# Is λx. a valid Lamda Calculus abstraction?

For demonstration purposes I was wondering about some very easy to grasp LC abstractions and I came to the idea of a function that simply eats its argument, and nothing more.

If you apply λx. (Yes no lambda term after the point) to an argument the abstraction reduces to nothing.

Although this isn't very useful for computation maybe, do you think the idea itself is valid or not?

Ok thanks everyone. Although I still like to tinker with the idea in my head, I understand it's simply not an option to use this throwaway function when dealing with LC.

Every application in LC returns an expression. There are no birds in the forest of Smullyan that can not sing.

Thanks again.

No, $$\lambda x.$$ is not a syntactically valid expression. By the definition of the syntax of lamda terms,

$$\lambda x.M$$ is a term if $$x$$ is a variable and $$M$$ is a term.

You need a term $$M$$ to abstract over, and there are no empty terms. (This also means that there can be no application that reduces to "nothing". Any lambda term must consist of at least an atom (= a variable or a constant)). So $$\lambda x.$$ is not a term.
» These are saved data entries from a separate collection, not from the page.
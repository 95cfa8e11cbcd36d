//! Failing if a condition is false.
use std::test::Fail;

/// Fails with this text if the condition is false.
pub fn check(is_so: bool, otherwise: &str) -> Result<(), Fail> {
    if is_so { Ok(()) } else { Err(otherwise.into()) }
}
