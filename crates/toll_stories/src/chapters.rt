//! Chapters of a story, as text.
use std::alloc::{AllocError, Global};

/// Chapters, one after another over one office.
///
/// A chapter has a line for what is asked, as [`say`](crate::say) takes it, and below it the reply: `= ` and a reply
/// without a line end, or `: ` and a line of the reply, again for each line. Where it is `accepted`, no reply is
/// written. A file's lines stand below its word, each behind `+ `. Empty lines don't count.
pub type Story = &'static [&'static str];

/// What is asked, and what is to be replied.
#[derive(Drop)]
pub struct Exchange {
    /// What is asked.
    pub request: String,
    reply: Option<String>,
}

impl Exchange {
    fn of(alloc: Global, request: &str) -> Result<Self, AllocError> {
        Ok(Exchange {
            request: String::from_str(alloc, request)?,
            reply: None,
        })
    }

    /// The reply that is wanted.
    pub fn reply(&self) -> &str {
        match &self.reply {
            Some(reply) => reply.as_str(),
            None => "accepted",
        }
    }

    // The reply goes on with this text, and this end.
    fn push_reply(&mut self, alloc: Global, text: &str, end: &str) -> Result<(), AllocError> {
        let mut reply = match self.reply.take() {
            Some(reply) => reply,
            None => String::new(alloc),
        };
        reply.push_str(text)?;
        reply.push_str(end)?;
        self.reply = Some(reply);
        Ok(())
    }

    // The file that is given has this line next.
    fn push_record(&mut self, record: &str) -> Result<(), AllocError> {
        if !self.request.as_str().contains(' ') {
            self.request.push_str(" ")?;
        }
        self.request.push_str(record)?;
        self.request.push_str("\n")
    }
}

/// What a chapter asks, each with the reply that is wanted.
pub fn exchanges_of(alloc: Global, chapter: &str) -> Result<Vec<Exchange>, AllocError> {
    let mut exchanges = Vec::new(alloc);
    for line in chapter.lines() {
        read_line(alloc, &mut exchanges, line)?;
    }
    Ok(exchanges)
}

// Reads the next line of a chapter.
fn read_line(alloc: Global, exchanges: &mut Vec<Exchange>, line: &str) -> Result<(), AllocError> {
    let text = line.get(2..).unwrap_or("");
    match (line.as_bytes().first(), exchanges.last_mut()) {
        (None, _) => Ok(()),
        (Some(b'='), Some(last)) => last.push_reply(alloc, text, ""),
        (Some(b':'), Some(last)) => last.push_reply(alloc, text, "\n"),
        (Some(b'+'), Some(last)) => last.push_record(text),
        _ => Ok(exchanges.push(Exchange::of(alloc, line)?)?),
    }
}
I am sorry but writing just λx. Is not usefull in any way. And it is not a function that eats his argument, it is a undefined function like writing $$f(x)=$$

Just writing $$\lambda x.$$ is not an LC expression. It's syntactically not correct. There are clear rules about the syntax of LC terms and in the case of a $$\lambda$$-expression these rules are:

If $$x$$ is a variable and $$t$$ is a LC expression, then $$(\lambda x.t)$$ is also an LC expression.

Note that in order to write a $$\lambda$$-expression, the definition requires both a variable and another LC expression.